Mistake #2-Food choice improvement, but Not tracking Calories and Macros
This is better than situation #1, but it is still not optimal. The GLP1 will reduce desire for bad foods (hyperpalatable fat and carbs), and binging, and the individual will eat relatively healthier, but there is still no attention paid to calculating metabolism, calories, or macros of any kind. This eventually devolves into the same situation of needing to increase the dose and too low calories
Mistake #3-Assuming that rapid and massive weight loss is a Healthy Goal
In the beginning of a diet, its not unusual to experience big drops in weight initially. In my fat loss coaching cohorts, I often have clients lose upwards of 10+ lbs the first month, and sometimes the second as well.
BUT, this is in MEN, who
-Are well over 200lbs to 300+ lbs in weight
-Have high levels of bodyfat
-Are losing water weight, not just stored bodyfat
This rate of fat loss eventually slows down, with about 2lbs a week being the limit, and then slightly less than that as they drop below 200lbs.
This is because Fat Loss is physiologically limited to about 1% of bodyweight per week.
However, I have seen individuals use GLP1s and lose upwards 12,15, even 20+lbs a month. In the most dramatic cases Ive encountered, Ive had men report losing 40lbs in 8 weeks.
This is NOT healthy
Even though these men were obese, that much weight loss comes with a physiological cost. Loose skin, no energy to exercise, and cannibalized muscle tissue. Were they to check their thyroid and testosterone, Id not be surprised to see a drop as well (and in some of them, thats exactly what happened).
Mistake #4-No Resistance Training
This is another mistake made by dieters
-Ill wait to exercise until AFTER I lose weight
Again, this means you lose muscle and your metabolism declines, you end up skinny fat. Whether you diet with or without a GLP1, you MUST lift weights. Muscle is the holy grail for metabolic health and longevity and quality of life. It maintains and builds metabolism, increases fat burning, and improves nutrient partitioning. Resistance training is unmatched.

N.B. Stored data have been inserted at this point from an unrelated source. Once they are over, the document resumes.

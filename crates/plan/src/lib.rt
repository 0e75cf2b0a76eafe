// The plan place: a graph with its canonical schedule and lengths, which bytes are read into.
#![tactic(auto)]

mod lengths;
mod names;
mod place;
mod reading;
mod times;
mod writing;

pub use place::Plan;
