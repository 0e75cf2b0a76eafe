ghost use Rattle.std.specs.Prelude.{◌≡◌, ◌≤◌, map};
ghost use Rattle.graph.specs.Whole.{graph_of};
ghost use Rattle.model.specs.Times.{lengths, needed};
ghost use Rattle.schedule.specs.Meaning.{timeline_of, planned};
ghost use Rattle.std.proofs.Props.{props};

use graph::Graph;
use schedule::Timeline;

// A plan: a graph, the canonical schedule of each segment, and each segment's remaining length. It is accepted, whoever
// holds it: the tables are the graph's, and the needed length is within the deadline. The remaining lengths are a run
// beside the timelines and not in them, since each is found from those of later segments, once all timelines are there.
#[derive(Drop)]
pub struct Plan {
    pub graph: Graph,
    pub timelines: Vec<Timeline>,
    pub remaining: Vec<u64>,
    ghost laid: { map timeline_of timelines.items ≡ map (planned graph.cores) (graph_of graph).segments } by { Prim.hlevel props },
    ghost remains: { remaining.items ≡ lengths graph.cores 0 (graph_of graph).segments },
    ghost in_time: { needed (graph_of graph) ≤ graph.deadline },
}
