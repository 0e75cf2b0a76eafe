ghost use Rattle.std.specs.Prelude.{◌≡◌};
ghost use Rattle.graph.specs.Whole.{graph_of};
ghost use Rattle.model.specs.Times.{shift};

use crate::place::Plan;

impl Plan {
    // How much later than from time 0 a segment may run: the deadline less its remaining length. A segment outside the
    // plan has nothing remaining.
    pub fn shift(&self, segment: usize) -> u64
        ensures { result ≡ shift (graph_of self.now.graph) segment }
    {
        let deadline = u64::from(self.graph.deadline);
        deadline - self.remaining.get(segment).copied().unwrap_or(0)
    }
}
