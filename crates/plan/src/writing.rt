ghost use Rattle.std.specs.Prelude.{◌≡◌, take, IfOk, Ok};
ghost use Rattle.graph.specs.Whole.{graph_of};
ghost use Rattle.model.specs.Accepting.{plan_reading};
ghost use Rattle.model.specs.Limits.{most_cores, most_tasks};
ghost use Rattle.model.specs.Writing.{graph_bytes, Written};

use crate::place::Plan;
use fault::Fault;
use writer::write_graph;

impl Plan {
    // Fills the first bytes of `out` with the plan's, and answers how many; or refuses, and writes nothing.
    pub fn write(&self, out: &mut [u8]) -> Result<usize, Fault>
        ensures answer { Written (graph_bytes (graph_of self.now.graph)) result out.old out.new }
        ensures reads_back { IfOk result (λ n. plan_reading most_tasks most_cores (take n out.new) ≡ Ok (graph_of self.now.graph)) }
    {
        write_graph(&self.graph, out)
    }
}
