ghost use Rattle.std.specs.Borrow.{Bor};
ghost use Rattle.std.specs.Prelude.{◌≡◌, ℕ, List};
ghost use Rattle.std.specs.Option.{option_map};
ghost use Rattle.graph.specs.Whole.{graph_of};
ghost use Rattle.model.specs.Names.{shown_name};

use crate::place::Plan;

impl Plan {
    // The name of a task, or the stand-in where it has none; a segment or task outside the plan has no name to show.
    pub fn name<'a>(&'a self, segment: usize, task: usize, stand_in: &'a [u8]) -> Option<&'a [u8]>
        ensures { option_map (λ (n : Bor (List ℕ)). n.now) result ≡ shown_name (graph_of self.now.graph) segment task stand_in.now }
    {
        let task = self.graph.segments.get(segment)?.tasks.get(task)?;
        let name = task.name.as_slice();
        Some(if name.is_empty() { stand_in } else { name })
    }
}
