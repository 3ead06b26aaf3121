//! The parser for commands that change the capacity of the list, split the list, or clone the list.

use crate::replay::item::Item;
use crate::replay::line_error::LineError;
use crate::replay::words::count_of;
use std::alloc::Allocator;
use thin_runner::command::Command;

/// Parses the words as a command that changes the capacity of the list, or splits or clones the
/// list. Returns `None` if they have another form.
pub fn parse<A: Allocator>(words: &[&str]) -> Result<Option<Command<Item, A>>, LineError> {
    Ok(Some(match words {
        ["reserve", count] => Command::Reserve(count_of(count, "COUNT")?),
        ["reserve_exact", count] => Command::ReserveExact(count_of(count, "COUNT")?),
        ["shrink_to_fit"] => Command::ShrinkToFit,
        ["split_off", index] => Command::SplitOff(count_of(index, "INDEX")?),
        ["clone"] => Command::Clone,
        _ => return Ok(None),
    }))
}
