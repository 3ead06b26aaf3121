//! The parser for commands that add several items.

use crate::replay::item::{Item, item_of};
use crate::replay::line_error::LineError;
use crate::replay::words::{count_of, items_of, list_of};
use std::alloc::Allocator;
use thin_runner::command::Command;

/// Parses the words of a line as a command that adds several items. Returns `None` if the words do
/// not have the form of such a command.
pub fn parse<A: Allocator>(
    alloc: A,
    words: &[&str],
) -> Result<Option<Command<Item, A>>, LineError> {
    Ok(Some(match words {
        ["resize", length, item] => Command::Resize(count_of(length, "LENGTH")?, item_of(item)?),
        ["extend_from_slice", items @ ..] => Command::ExtendFromSlice(items_of(alloc, items)?),
        ["extend", hint, items @ ..] => {
            let lower = count_of(hint, "HINT")?;
            Command::Extend(items_of(alloc, items)?, lower)
        }
        ["append", items @ ..] => Command::Append(list_of(alloc, items)?),
        _ => return Ok(None),
    }))
}
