//! The parser for commands that call methods of a judge. A judge makes decisions in place of a
//! closure: for example, it decides which items `retain` keeps.

use crate::replay::call::Call;
use crate::replay::divisor_judge::DivisorJudge;
use crate::replay::item::Item;
use crate::replay::line_error::LineError;
use crate::replay::words::count_of;
use std::alloc::Allocator;
use thin_runner::command::Command;

/// Parses the words of a line as a command and a judge, which makes the decisions that a closure
/// makes in a method call. Returns `None` if the words do not have the form of a command with a
/// judge.
///
/// # Errors
///
/// Fails if the words have this form, but a word after the name of the command is invalid.
pub fn parse<A: Allocator>(words: &[&str]) -> Result<Option<Call<A>>, LineError> {
    match words {
        [name, divisor, stride, added] => {
            let Some(command) = filter(name) else {
                return Ok(None);
            };
            let judge = DivisorJudge::parse(divisor, stride, added)?;
            Ok(Some(Call { command, judge }))
        }
        ["extract_if", start, end, calls, divisor, stride, added] => {
            let start = count_of(start, "START")?;
            let end = count_of(end, "END")?;
            let command = Command::ExtractIf(start, end, count_of(calls, "CALLS")?);
            let judge = DivisorJudge::parse(divisor, stride, added)?;
            Ok(Some(Call { command, judge }))
        }
        _ => Ok(None),
    }
}

// Returns the command if `name` is that of `Retain`, `RetainMut`, `DedupBy` or `DedupByKey`, and
// otherwise `None`.
fn filter<A: Allocator>(name: &str) -> Option<Command<Item, A>> {
    match name {
        "retain" => Some(Command::Retain),
        "retain_mut" => Some(Command::RetainMut),
        "dedup_by" => Some(Command::DedupBy),
        "dedup_by_key" => Some(Command::DedupByKey),
        _ => None,
    }
}
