//! The parser for `dedup`, and for commands that remove or replace a range.

use crate::replay::item::Item;
use crate::replay::line_error::LineError;
use crate::replay::words::{count_of, items_of, steps_of};
use std::alloc::Allocator;
use thin_runner::command::Command;

/// Parses the words of a line as a `dedup` command, or as a command that removes or replaces a
/// range. Returns `None` if the words do not have the form of such a command.
///
/// # Errors
///
/// Fails if the words have this form, but one of them is invalid. Also fails if there is not enough
/// memory.
pub fn parse<A: Allocator + Copy>(
    alloc: A,
    words: &[&str],
) -> Result<Option<Command<Item, A>>, LineError> {
    Ok(Some(match words {
        ["dedup"] => Command::Dedup,
        ["drain", start, end, steps] => {
            let start = count_of(start, "START")?;
            let end = count_of(end, "END")?;
            Command::Drain(start, end, steps_of(alloc, steps)?)
        }
        ["splice", start, end, steps, hint, items @ ..] => {
            let start = count_of(start, "START")?;
            let end = count_of(end, "END")?;
            let steps = steps_of(alloc, steps)?;
            let lower = count_of(hint, "HINT")?;
            Command::Splice(start, end, steps, items_of(alloc, items)?, lower)
        }
        _ => return Ok(None),
    }))
}
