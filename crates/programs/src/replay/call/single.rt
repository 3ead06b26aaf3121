//! The parser for commands that add, remove or replace one item, and for `truncate` and `clear`.

use crate::replay::item::{Item, item_of};
use crate::replay::line_error::LineError;
use crate::replay::words::count_of;
use std::alloc::Allocator;
use thin_runner::command::Command;

/// Parses the words as a command that adds, removes or replaces one item, or as `truncate` or
/// `clear`. Returns `None` if they have another form.
pub fn parse<A: Allocator>(words: &[&str]) -> Result<Option<Command<Item, A>>, LineError> {
    Ok(Some(match words {
        ["push", item] => Command::Push(item_of(item)?),
        ["pop"] => Command::Pop,
        ["insert", index, item] => Command::Insert(count_of(index, "INDEX")?, item_of(item)?),
        ["remove", index] => Command::Remove(count_of(index, "INDEX")?),
        ["swap_remove", index] => Command::SwapRemove(count_of(index, "INDEX")?),
        ["set", index, item] => Command::Set(count_of(index, "INDEX")?, item_of(item)?),
        ["truncate", length] => Command::Truncate(count_of(length, "LENGTH")?),
        ["clear"] => Command::Clear,
        _ => return Ok(None),
    }))
}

Mistake #5-Not Enough Carbohydrates
This might surprise people, but GLP1s improve insulin sensitivity, and especially with RETA, your body is storing less glucose in the liver, and secreting more glucose into the blood. This makes your body better at metabolizing carbs. Combine this with the reduced desire for fatty food, and going all day without eating, and you have the low calorie intake, low carb, and low energy situation again.
Solution: eat small amounts of carbohydrates throughout the day. 25 gram snacks (a serving of fruit) will maintain energy levels readily.
Mistake #6-Dehydration
This is an overlooked problem; as people eat less food, they also unknowingly consume less fluid. The result is chronic dehydration and insufficient electrolyte intake, which feeds back into the low energy state. This is easily addressed by consuming at least 3-4 liters of water/fluid per day, and 3-4+ grams of sodium. I have all my clients use LMNT or equivalent packets in water, salt all their foods, and push them to consume more fluid, not less. This improves fat loss, decreases water retention, and they’re hydrated to perform in the gym.
Mistake #7-Too Aggressive Titration
For reasons unclear to me, some people are under the impression you should keep upping the dose with GLP1s, and the slightest twinge of hunger means you need to take more. This is a mistake, all GLP1s have a limit to the dosing, and side effects tend to increase the higher you go. Once you reach the max dose, you cannot safely take more. And if you still have fat to lose, youve plateaued yourself. Dosage increases should be done as SLOWLY as possible.
Mistake #8-Insufficient Protein Intake
GLP1s when used responsibly allow you to physiologically max out your fat loss week to week, provided you lift weights and EAT PROTEIN. If the GLP1s cause you to lose your appetite for protein, use liquid forms (whey isolate, protein shakes) to consume a sufficient amount. I suggest 1 gram per lb of estimated lean mass.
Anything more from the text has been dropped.